A few shifts will define the progression of AI-driven software development:

Once AI systems can regenerate entire codebases reliably and cheaply, businesses will gain a remarkable level of adaptability. Features that go unused could be stripped down or pivoted with ease. Integrations that would have taken many months could be complete in hours. This will lead to a rapid gold-rush era of software where any monetisable value proposition is up for grabs, countered by the rapid response of open-source software that is suddenly as good as its paid counterpart. From a value chain perspective, this represents a sharp lurch toward commoditisation: always on and cheap to use. There will be a simultaneous race: to the top for capabilities and personalisation, and to the bottom for price. Perhaps energy, compute and data will become the remaining value centres - and they are being built for economies of scale right now.
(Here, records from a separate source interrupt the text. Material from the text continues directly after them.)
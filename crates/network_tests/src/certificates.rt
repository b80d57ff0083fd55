// `cert_rules`: bounds that are exactly those of the rules, an entry for which a rule gives none, the parts that a rule
// reads, and lists that are no certificate. What is accepted and what isn't is in the end-to-end suite.
ghost use Rattle.std.specs.Prelude.{◌<◌, ◌^◌, length};

use crate::networks::network;
use cert_checker::first_disallowed;
use cert_rules::{BadBounds, Bounds, Certificate, allowed, argument, rule};
use net_model::{Network, PartNo};
use std::alloc::{AllocError, Global};
use std::test::Fail;

// The range and the error of a part.
type Numbers = (i64, i64, i64);

// A network of four inputs, two blocks of arithmetic and two with binary points, with an entry for each, which for a
// block is exactly what its rule gives.
const RULED: &[u8] =
    b"net 1\nin x s16 -3 5\nin y s16.1 1 2\nin n s16 7 9\nin d s16.1 -5 -2\nwire s s16 = Mfx_Sub_s16s16_s16 x y\nwire a s16 = Mfx_AbsDiff_s16s16_s16 x y\nwire b s16.1 = Mfx_SubP2_s16s16_s16 x y\nwire q s16.2 = Mfx_DivP2_s16s16_s16 n d\nout a\n";

const ENTRIES: [Numbers; 8] = [
    (-3, 5, 7),
    (1, 2, 9),
    (7, 9, 3),
    (-5, -2, 1),
    (-5, 4, 16),
    (0, 5, 16),
    (-8, 9, 23),
    (-36, -11, 65567),
];

// A quotient whose error is far above its cap, since its divisor's is one unit short of reaching 0.
const UNRULED: &[u8] =
    b"net 1\nin x u32 0 4294967295\nin y u32 0 4294967295\nin z u32 0 4294967295\nwire q u32 = Mfx_MulDiv_u32u32u32_u32 x y z\nout q\n";

const UNRULED_ENTRIES: [Numbers; 4] = [
    (0, 65535, 1099511627775),
    (0, 65535, 1099511627775),
    (16777216, 16777216, 1099511627775),
    (0, 0, 0),
];

fn bounds((lo, hi, err): Numbers) -> Bounds {
    Bounds { lo, hi, err }
}

fn entries(alloc: Global, numbers: &[Numbers]) -> Result<Vec<Bounds>, AllocError> {
    let mut entries = Vec::new(alloc);
    for entry in numbers {
        entries.push(bounds(*entry))?;
    }
    Ok(entries)
}

// What a part's rule gives, where there is an entry for each part and all are allowed.
fn rule_over(net: &Network, entries: &[Bounds], part: u32) -> Result<Option<Bounds>, Fail> {
    let parts = net.parts().len();
    if entries.len() == parts
        && (part as usize) < parts
        && first_disallowed(net, entries).is_none()
    {
        Ok(rule(net, PartNo(part), entries))
    } else {
        Err("an entry is missing or not allowed")?
    }
}

// What the rule of a part of the network gives over these entries.
fn ruled(
    alloc: Global,
    text: &[u8],
    numbers: &[Numbers],
    part: u32,
) -> Result<Option<Bounds>, Fail> {
    let net = network(alloc, text)?;
    let entries = entries(alloc, numbers)?;
    rule_over(&net, &entries, part)
}

#[test]
fn rules_give_exact_bounds(rt: HostRuntime) -> Result<(), Fail> {
    for part in 4..8u32 {
        let given = ruled(rt.alloc(), RULED, &ENTRIES, part)?;
        assert_eq!(rt; given, Some(bounds(ENTRIES[part as usize])));
    }
    assert_eq!(rt; ruled(rt.alloc(), UNRULED, &UNRULED_ENTRIES, 3)?, None);
    Ok(())
}

fn allows_of(net: &Network, part: u32, numbers: Numbers) -> Result<bool, Fail> {
    if (part as usize) < net.parts().len() {
        Ok(allowed(net, PartNo(part), bounds(numbers)))
    } else {
        Err("no such part")?
    }
}

// Whether bounds are allowed for the one wire of a network of a byte.
fn allows(alloc: Global, numbers: Numbers) -> Result<bool, Fail> {
    let net = network(alloc, b"net 1\nin x u8 0 9\nout x\n")?;
    allows_of(&net, 0, numbers)
}

#[test]
fn both_ends_lie_in_the_type(rt: HostRuntime) -> Result<(), Fail> {
    let cap = 1 << 40;
    for (numbers, wanted) in [
        ((0, 255, cap - 1), true),
        ((300, 5, 0), false),
        ((5, -1, 0), false),
        ((-1, 5, 0), false),
        ((5, 256, 0), false),
        ((0, 255, cap), false),
    ] {
        assert_eq!(rt; allows(rt.alloc(), numbers)?, wanted);
    }
    Ok(())
}

fn arguments_of(net: &Network, part: u32) -> Result<[Option<PartNo>; 2], Fail> {
    if (part as usize) < net.parts().len() {
        let part = PartNo(part);
        Ok([argument(net, part, 0), argument(net, part, 1)])
    } else {
        Err("no such part")?
    }
}

// The parts that the rule of a part reads, the first two.
fn arguments(alloc: Global, part: u32) -> Result<[Option<PartNo>; 2], Fail> {
    let net = network(alloc, RULED)?;
    arguments_of(&net, part)
}

#[test]
fn rules_read_parts(rt: HostRuntime) -> Result<(), Fail> {
    for (part, read) in [(0, [None; 2]), (7, [Some(PartNo(2)), Some(PartNo(3))])] {
        assert_eq!(rt; arguments(rt.alloc(), part)?, read);
    }
    Ok(())
}

// The place of the first of three entries that isn't proper, if there is one.
fn improper_at(alloc: Global, three: [Numbers; 3]) -> Result<Option<u32>, AllocError> {
    let [first, second, third] = three;
    let entries = vec![in alloc; bounds(first), bounds(second), bounds(third)]?;
    match Certificate::new(entries) {
        Ok(_) => Ok(None),
        Err(BadBounds { at }) => Ok(Some(at)),
    }
}

#[test]
fn improper_entries_are_told(rt: HostRuntime) -> Result<(), Fail> {
    let limit = 1 << 62;
    let good = (-limit, limit, limit);
    for (entry, wanted) in [
        ((3, 3, 0), None),
        ((4, 3, 0), Some(1)),
        ((3, 4, -1), Some(1)),
        ((3, limit + 1, 0), Some(1)),
        ((-limit - 1, 4, 0), Some(1)),
        ((3, 4, limit + 1), Some(1)),
    ] {
        let at = improper_at(rt.alloc(), [good, entry, entry])?;
        assert_eq!(rt; at, wanted);
    }
    Ok(())
}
When mapping a value chain, commodities can progress into a state of evolution. My bet is that with software being increasingly tailored to specific use cases and ever-smaller and more specific segments, there is a pretty straight line to a future where everybody simply generates the software that they need at any given moment for the task at hand. Software ultimately becomes an impermanent layer capable of gluing contextual needs to results using whatever modality best suits the individual.

And that’s where Optimistic Futures really begins.